Inhalt lt. Buch: In einer Welt, die bevölkert ist von wandelnden Toten, die nur die Gier auf lebendes Fleisch antreibt, richten sich die Überlebenden ein. Jahre vergehen ... Irgendwann erwacht in einigen der Untoten ein Bewusstsein. Sie begreifen, wer sie waren, was sie verloren, was sie getan haben. In ihrer Traurigkeit erkennen die Zombies jedoch auch die Gefahr, die von der Bestie Mensch ausgeht ...
Kim Paffenroth: Dying to Live – Die Traurigkeit der Zombies
(OT: Dying to Live: Life Sentence; 2008) Festa Tb 2011; 271 Seiten; ISBN: 978-3-86552-127-9; Übersetzung: Doris Hummel; Ausstattung: Taschenbuch; Buchseite: Festa
Die Traurigkeit der Zombies ist die Fortsetzung von Vom Überleben unter Zombies – und ein bemerkenswertes Buch. Nur kurz vorab – das Cover ist wie Greg Gifune: Blutiges Frühjahr oder Richard Laymon: Furien oder auch Das rote Zimmer (Rezension demnächst) leicht aufgeraut mit angedeutet abgenutzter Haptik – das greift sich wunderbar an und sieht cool aus.
Im ersten Buch haben wir mehr oder weniger Menschheit beim Reboot erlebt. Jetzt sind seit dem Neustart einige Jahre vergangen und es zeigt sich eine unerwartete Neuentwicklung. Das Buch wird zwei Perspektiven erzählt und da wir sofort in die Handlung einsteigen ist es kein Spoiler zu verraten, dass eine Sicht auf die Welt von einem Zombie geschildert wird.
Zombies mit Hirn
Kim Paffenroth fühlt sich definitiv wohl, wenn er philosophieren und Probleme wälzen kann. Das Buch beschäftigte sich viel mit den Problemen des Menschseins und schildert unsere Gegenwart aus einer Perspektive, die für jemanden der in einer ganz anderen Art von Welt aufgewachsen ist, mehr Kuriosum als sonst Etwas darstellt – und das witzige daran: Man sieht die eigene Welt durch diese Augen und findet sie im Grunde ihres Seins total absurd und lächerlich.
Auch die Dinge aus der Sicht der Zombies zu schildern, hat, wenn es wie in diesem Fall sehr gut durchdacht ist, einen ganz eigenen Reiz: Paffenroth hat es damit vollkommen überzeugend geschafft, eine Szenerie wie aus einem Science Fiction Film zu gestalten, in dem Menschen einer Alienrasse begegnen, die ihnen trotz vager Vertrautheit ziemlich unverständlich erscheint. Funktioniert hervorragend und ist zwischendurch ziemlich spannend.
Hirnlose Menschen
Die Evolution der Zombies weckt Sympathien für die Untoten, und nicht alle Neuentwicklungen in Sachen menschlicher Zivilisation sind angenehm oder gar vernünftig. Wie immer scheitert die Menschlichkeit an den Menschen und das ist, wenn auch keine neue Beobachtung, wieder einmal wirkungsvoll und nur zu glaubwürdig vorgeführt. Allerdings geht die Sache über das Konzept der s/w Malerei hinaus – Paffenroth ist darum bemüht, Vielschichtigkeit darzustellen. Das scheint mir sehr gelungen zu sein.

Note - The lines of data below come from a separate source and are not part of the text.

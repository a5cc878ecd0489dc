//! The driver's answers about programs, their runs and their control flow.
#![tactic(auto)]

pub mod flow;
pub mod programs;
pub mod runs;
mod spans;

Die Traurigkeit der Zombies ist eine jener Fortsetzungen, die den ersten Roman übertreffen. Der war, mit ein paar winzigen (sehr subjektiven) Abstrichen, ein schönes Stück Zombieliteratur. Die ganz andere Erzählweise dieses Buches und die hochinteressante Entwicklung der Untoten machen den zweiten Band zu einer kleinen Perle.
Buch mit Hirnschmalz
Es macht in meinen Augen keinen Sinn, dieses Buch ohne Vorgänger zu lesen. Dazu beruft sich der Roman zu sehr auf Geschehnisse und persönliche Verhältnisse. Die spielen im Endeffekt zwar nur eine untergeordnete Rolle, aber einige Figuren sind ohne das vorherige Buch kaum verständlich, auch die Gesellschaft mit ihrer ganz eigenen Ethik macht mehr Sinn, wenn man weiß, woher die Personen kommen.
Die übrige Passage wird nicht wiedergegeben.